Ask HN: Best first linux distribution? - thomasreggi

I have been working with the command prompt in windows more and more and getting into git, ror, php, mysql ect. I just want to learn programming from all angles and I feel held back on a windows machine. Will it make me more productive or will I see myself screaming to come back to windows? My first and only thought was ubuntu. Whats your linux text editor of choice?
======
wyattpeak
Simply moving to Linux isn't liable to significantly help or hinder your
programming. These days Linux, provided you choose a distribution with a GUI,
is pretty well as comfortable to use as Windows - not quite as refined, but
the differences are slight.

There are two real advantages - more command prompt access to applications,
which allows you to avoid the mouse and GUI interaction in general, and a
better selection of code editors.

vi, one of the more popular text editors, in particular I find speeds up my
work, but I strongly advise against asking for the relative merits of
different editors - it's a sore point and is liable to start a flame war. The
other editor with a significant following is Emacs.

Both of these do have a very steep learning curve, but with the amount of
software available these days on linux, if you're having trouble, you can
always find something a bit closer to home. For a while while getting used to
the system I used Geany, which is more of an IDE than a text editor, and
largely defeated the purpose of moving to Ubuntu, but it nevertheless eased
the transition.

As indicated, I do suggest Ubuntu, which I think is the best developed and
most usable system, not to mention having the largest userbase and hence array
of help and software.

You'll find it a bit off-putting for a minute, a number of aspects,
particularly installing software, aren't exactly designed for ease of use, but
push through. In a week or so you'll be comfortable enough to live with it,
and in a month or two you'll be familiar enough to make a sound judgement
between the two.

One note - one of the killers which kept me from using Linux for years was the
lack of driver support. In particular I could never get my wireless card
working, which rendered it a non-starter. This seems to have been cleared up
as of ubuntu 9.10, but I'm finding some of the trouble over again with 10.04,
the latest release. I don't know if it's hardware-specfic or just an issue
with the operating system, since it's still in early days, but try 9.10 if
10.04 doesn't work.

------
gexla
I have been exclusively a Linux user for about half of the past four years. I
have been moving back and forth between Linux and Windows. Some people really
love Linux and use it as a desktop, I just see it as a tool.
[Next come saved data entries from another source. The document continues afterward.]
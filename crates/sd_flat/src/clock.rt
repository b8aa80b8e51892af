//! Whether a processor may tick: the counts of all processors.

ghost use Rattle.std.specs.Prelude.{◌≡◌, nat_le};
ghost use Rattle.std.specs.List.{list_all};
ghost use Rattle.sd_machine.specs.Events.{may_tick};

use crate::reads::cpu_of;
use sd_state::State;
use sd_types::{CpuId, Work};

fn is_least(s: &State, count: u32) -> bool
    ensures { result ≡ list_all (λ x. nat_le count x.count) s.now.cpus }
{
    s.cpus.items().iter().all(|x| count <= x.count)
}

/// The count of processor `c` is below the limit, and no processor's is below it.
#[tactic(auto, unfolding(sd_machine::specs::Events::may_tick))]
pub fn may_tick(work: &Work, s: &State, c: CpuId) -> bool
    ensures { result ≡ may_tick work.now s.now c.0 }
{
    let count = cpu_of(s, c).count;
    count < work.limit && is_least(s, count)
}
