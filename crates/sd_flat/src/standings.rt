//! Where the threads stand of which a search finds the best.

ghost use Rattle.std.specs.Prelude.{◌≡◌};
ghost use Rattle.sd_flat.specs.Standings.{stands};
ghost use Rattle.sd_machine.specs.Threads.{is_due, is_ts, is_waiting};
ghost use Rattle.sd_state.specs.States.{is_queued, is_running, same_side};

use sd_state::{Place, ThreadState};
use sd_types::{ChanId, ClassState, CpuId, LockId, SetId, Side};

/// Ready for a processor of a partition, on a processor's own queue, there and bound to none, waiting for a lock at a
/// side, or asleep on a channel, with any key or with one below a number.
#[derive(Clone, Copy)]
pub enum Standing {
    Ready(CpuId, SetId),
    Queued(CpuId),
    Unbound(CpuId),
    Waiting(LockId, Side),
    Asleep(ChanId),
    AsleepBelow(ChanId, i64),
}

/// A thread in this place runs on processor `c`.
pub fn is_running(c: CpuId, place: &Place) -> bool
    ensures { result ≡ is_running c.0 place.now }
{
    match place {
        Place::Running(d) => d.0 == c.0,
        _ => false,
    }
}

pub(crate) fn is_queued(c: CpuId, place: &Place) -> bool
    ensures { result ≡ is_queued c.0 place.now }
{
    match place {
        Place::Queued(d, _) => d.0 == c.0,
        _ => false,
    }
}

fn same_side(side: Side, other: Side) -> bool
    ensures { result ≡ same_side side other }
{
    match (side, other) {
        (Side::Writer, Side::Writer) => true,
        (Side::Reader, Side::Reader) => true,
        _ => false,
    }
}

pub(crate) fn is_waiting(l: LockId, place: &Place) -> bool
    ensures { result ≡ is_waiting l.0 place.now }
{
    match place {
        Place::Waiting(m, _, _) => m.0 == l.0,
        _ => false,
    }
}

/// Naps on processor `c`, and the nap is over where the processor has counted `count` ticks.
pub(crate) fn is_due(c: CpuId, count: u32, place: &Place) -> bool
    ensures { result ≡ is_due c.0 count place.now }
{
    match place {
        Place::Napping(d, due) => d.0 == c.0 && *due <= count,
        _ => false,
    }
}

/// Whether the class is the time-sharing class.
#[inline(always)]
pub fn is_ts(class: &ClassState) -> bool
    ensures { result ≡ is_ts class.now }
{
    match class {
        ClassState::Ts(_) => true,
        _ => false,
    }
}

fn is_ready(c: CpuId, p: SetId, place: &Place) -> bool
    ensures { result ≡ Rattle.sd_state.specs.States.is_ready c.0 p.0 place.now }
{
    match place {
        Place::Queued(d, _) => d.0 == c.0,
        Place::RealTime(q, _) => q.0 == p.0,
        _ => false,
    }
}

fn waits_at(l: LockId, side: Side, place: &Place) -> bool
    ensures { result ≡ Rattle.sd_machine.specs.Threads.is_waiting_at l.0 side place.now }
{
    match place {
        Place::Waiting(m, other, _) => m.0 == l.0 && same_side(side, *other),
        _ => false,
    }
}

fn is_asleep(k: ChanId, place: &Place) -> bool
    ensures { result ≡ Rattle.sd_machine.specs.Threads.is_asleep k.0 place.now }
{
    match place {
        Place::Asleep(j, _) => j.0 == k.0,
        _ => false,
    }
}

fn is_asleep_below(k: ChanId, below: i64, place: &Place) -> bool
    ensures { result ≡ Rattle.sd_machine.specs.Threads.is_asleep_below k.0 below place.now }
{
    match place {
        Place::Asleep(j, key) => j.0 == k.0 && *key < below,
        _ => false,
    }
}

/// Whether the thread stands there.
pub(crate) fn stands(standing: Standing, x: &ThreadState) -> bool
    ensures { result ≡ stands standing x.now }
{
    match standing {
        Standing::Ready(c, p) => is_ready(c, p, &x.place),
        Standing::Queued(c) => is_queued(c, &x.place),
        Standing::Unbound(c) => is_queued(c, &x.place) && x.body.bound.is_none(),
        Standing::Waiting(l, side) => waits_at(l, side, &x.place),
        Standing::Asleep(k) => is_asleep(k, &x.place),
        Standing::AsleepBelow(k, below) => is_asleep_below(k, below, &x.place),
    }
}
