//! Processors that change their set, and threads that are bound to one.

ghost use Rattle.std.specs.Prelude.{◌≡◌, ◌∷◌, ◌++◌, ◌+◌, ◌<◌, ◌≤◌, ◌^◌, drop, length, take};
ghost use Rattle.sd_machine.specs.Changes.{bind, close, join, unbind, with_cpu_in, without_cpu};
ghost use Rattle.sd_machine.specs.Threads.{open_of};
ghost use Rattle.sd_state.specs.States.{cpu_of};
ghost use Rattle.sd_types.specs.Limits.{most_processors};

use crate::reads::{cpu_of, is_cpu, is_thread};
use arrayvec::ArrayVec;
use sd_state::State;
use sd_types::{CpuId, MOST_PROCESSORS, SetId, ThreadId};

/// A rising list of processors without processor `c`.
pub fn without_cpu(c: CpuId, cpus: &ArrayVec<CpuId, 64>) -> ArrayVec<CpuId, 64>
    ensures { result.items ≡ without_cpu c cpus.now.items }
{
    let mut rest = ArrayVec::new();
    for d in cpus.as_slice() {
        if d.0 != c.0 {
            rest.push(*d);
        }
    }
    rest
}

/// The index before which processor `c` stands in a rising list: that of the first with a greater number.
fn index_for(c: CpuId, cpus: &[CpuId]) -> usize
    ensures inside { result ≤ length cpus.now }
    ensures here { with_cpu_in c cpus.now ≡ take result cpus.now ++ c ∷ drop result cpus.now }
{
    for index in 0..cpus.len() {
        if c.0 < cpus[index].0 {
            return index;
        }
    }
    cpus.len()
}

/// A rising list of processors with processor `c`, where there is room.
pub fn with_cpu_in(c: CpuId, cpus: &mut ArrayVec<CpuId, 64>)
    ensures { length cpus.old.items < most_processors → cpus.new.items ≡ with_cpu_in c cpus.old.items }
{
    if cpus.len() < MOST_PROCESSORS {
        let index = index_for(c, cpus.as_slice());
        cpus.insert(index, c);
    }
}

/// Processor `d` leaves the open ones of its set, and is closing to another.
#[tactic(auto, using(crate::proofs::Past::past), unfolding(sd_machine::specs::Changes::close))]
pub fn close(s: &mut State, d: CpuId, to: SetId)
    ensures { s.new ≡ close s.old d to }
{
    let set = cpu_of(s, d).set.0 as usize;
    if set < s.open_cpus.items().len() {
        let rest = without_cpu(d, &s.open_cpus.items()[set]);
        s.open_cpus.items_mut()[set] = rest;
    }
    if is_cpu(s, d) {
        s.cpus.items_mut()[d.0 as usize].closing = Some(to);
    }
}

/// Processor `c` is one of the open ones of a set, where that has room for it.
#[tactic(auto, using(crate::proofs::Past::past), unfolding(sd_machine::specs::Changes::join))]
pub fn join(s: &mut State, c: CpuId, set: SetId)
    ensures { length (open_of s.old set.0) < most_processors → s.new ≡ join s.old c set }
{
    if (set.0 as usize) < s.open_cpus.items().len() {
        with_cpu_in(c, &mut s.open_cpus.items_mut()[set.0 as usize]);
    }
    if is_cpu(s, c) {
        let x = &mut s.cpus.items_mut()[c.0 as usize];
        x.set = set;
        x.closing = None;
    }
}

/// Thread `t` is bound to processor `d`, where that may count one more.
#[tactic(auto, using(crate::proofs::Past::past), unfolding(sd_machine::specs::Changes::bind))]
pub fn bind(s: &mut State, t: ThreadId, d: CpuId)
    ensures { (cpu_of s.old d.0).bound + 1 < 2 ^ 16 → s.new ≡ bind s.old t.0 d }
{
    if is_thread(s, t) {
        s.threads.items_mut()[t.0 as usize].body.bound = Some(d);
    }
    if is_cpu(s, d) {
        let x = &mut s.cpus.items_mut()[d.0 as usize];
        x.bound = x.bound.saturating_add(1);
    }
}

/// Thread `t` is bound to processor `b` no more.
#[tactic(auto, using(crate::proofs::Past::past), unfolding(sd_machine::specs::Changes::unbind))]
pub fn unbind(s: &mut State, t: ThreadId, b: CpuId)
    ensures { s.new ≡ unbind s.old t.0 b }
{
    if is_thread(s, t) {
        s.threads.items_mut()[t.0 as usize].body.bound = None;
    }
    if is_cpu(s, b) {
        let x = &mut s.cpus.items_mut()[b.0 as usize];
        x.bound = x.bound.saturating_sub(1);
    }
}
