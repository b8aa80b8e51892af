//! Reading a state and a workload. A number that is out of range reads an idle processor, and no operation.

ghost use Rattle.std.specs.Prelude.{◌≡◌, ◌≤◌, length, nat_lt};
ghost use Rattle.sd_state.specs.Operations.{script_of};
ghost use Rattle.sd_state.specs.States.{cpu_of, thread_of};
ghost use Rattle.sd_types.specs.Limits.{most_operations};

use sd_state::{CpuState, Place, State};
use sd_types::{CpuId, Duty, Op, SetId, ThreadId, Work};

const NO_CPU: CpuState = CpuState {
    count: 0,
    user: false,
    kernel: false,
    duty: Duty::Nothing,
    set: SetId(0),
    closing: None,
    bound: 0,
};

/// A processor.
pub fn cpu_of(s: &State, c: CpuId) -> CpuState
    ensures { result ≡ cpu_of s.now c.0 }
{
    s.cpus.items().get(c.0 as usize).copied().unwrap_or(NO_CPU)
}

pub(crate) fn is_cpu(s: &State, c: CpuId) -> bool
    ensures { result ≡ nat_lt c.0 (length s.now.cpus) }
{
    (c.0 as usize) < s.cpus.items().len()
}

/// There is a thread of this number.
pub fn is_thread(s: &State, t: ThreadId) -> bool
    ensures { result ≡ nat_lt t.0 (length s.now.threads) }
{
    (t.0 as usize) < s.threads.items().len()
}

/// The operations of a thread.
pub fn script_of(work: &Work, t: ThreadId) -> &[Op]
    ensures value { result.now ≡ script_of work.now t.0 }
    ensures short { length result.now ≤ most_operations }
{
    match work.threads.items().get(t.0 as usize) {
        Some(decl) => decl.script.ops(),
        None => &[],
    }
}

/// Where a thread is.
pub fn place_of(s: &State, t: ThreadId) -> Place
    ensures { result ≡ (thread_of s.now t.0).place }
{
    match s.threads.items().get(t.0 as usize) {
        Some(x) => x.place,
        None => Place::Ended,
    }
}

/// A walk along a chain of owners has come back to thread `t`.
pub fn is_looped(s: &State, t: ThreadId) -> bool
    ensures { result ≡ (thread_of s.now t.0).body.looped }
{
    match s.threads.items().get(t.0 as usize) {
        Some(x) => x.body.looped,
        None => false,
    }
}
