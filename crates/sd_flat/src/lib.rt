//! The state as one value: who runs on a processor, the best that is ready, waits for a lock or sleeps, each by one scan
//! over the threads; the changes of which events are composed; and the numbers that processors show to others. No call
//! takes memory.
#![tactic(auto)]

mod bodies;
mod changes;
mod clock;
mod orders;
mod passes;
mod priorities;
mod reads;
mod scans;
mod sets;
mod shown;
mod standings;

pub use bodies::{hold, inherit, nap_ticks, op_over, ran, ticks_at};
pub use changes::{
    clear_marks, count_tick, duty_after, leave, move_to, run_on, set_count, set_duty,
    set_kernel_mark, set_lock, set_mark,
};
pub use clock::may_tick;
pub use priorities::{greater, greatest_waiting, greatest_without, has_waiters, others_waiting};
pub use reads::{cpu_of, is_looped, is_thread, place_of, script_of};
pub use scans::{
    best_queued, best_ready, best_sleeper, best_sleeper_below, best_unbound, best_waiter,
    first_due, index_of_runner, next_to_age, runner,
};
pub use sets::{bind, close, join, unbind, with_cpu_in, without_cpu};
pub use shown::{hint_of, numbers_shown};
pub use standings::{is_running, is_ts};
Trying something new might be fun at first, but Linux can wear on you after a
while. The inability to use your Windows programs, spending hours looking up
small issues with the O.S. and other things get old.

After a while I decided that I could care less about using the Linux GUI and I
really just wanted a console. This is served fine with virtualization.

My suggestion, install Virtualbox and run Linux as a VM and log into it with a
console.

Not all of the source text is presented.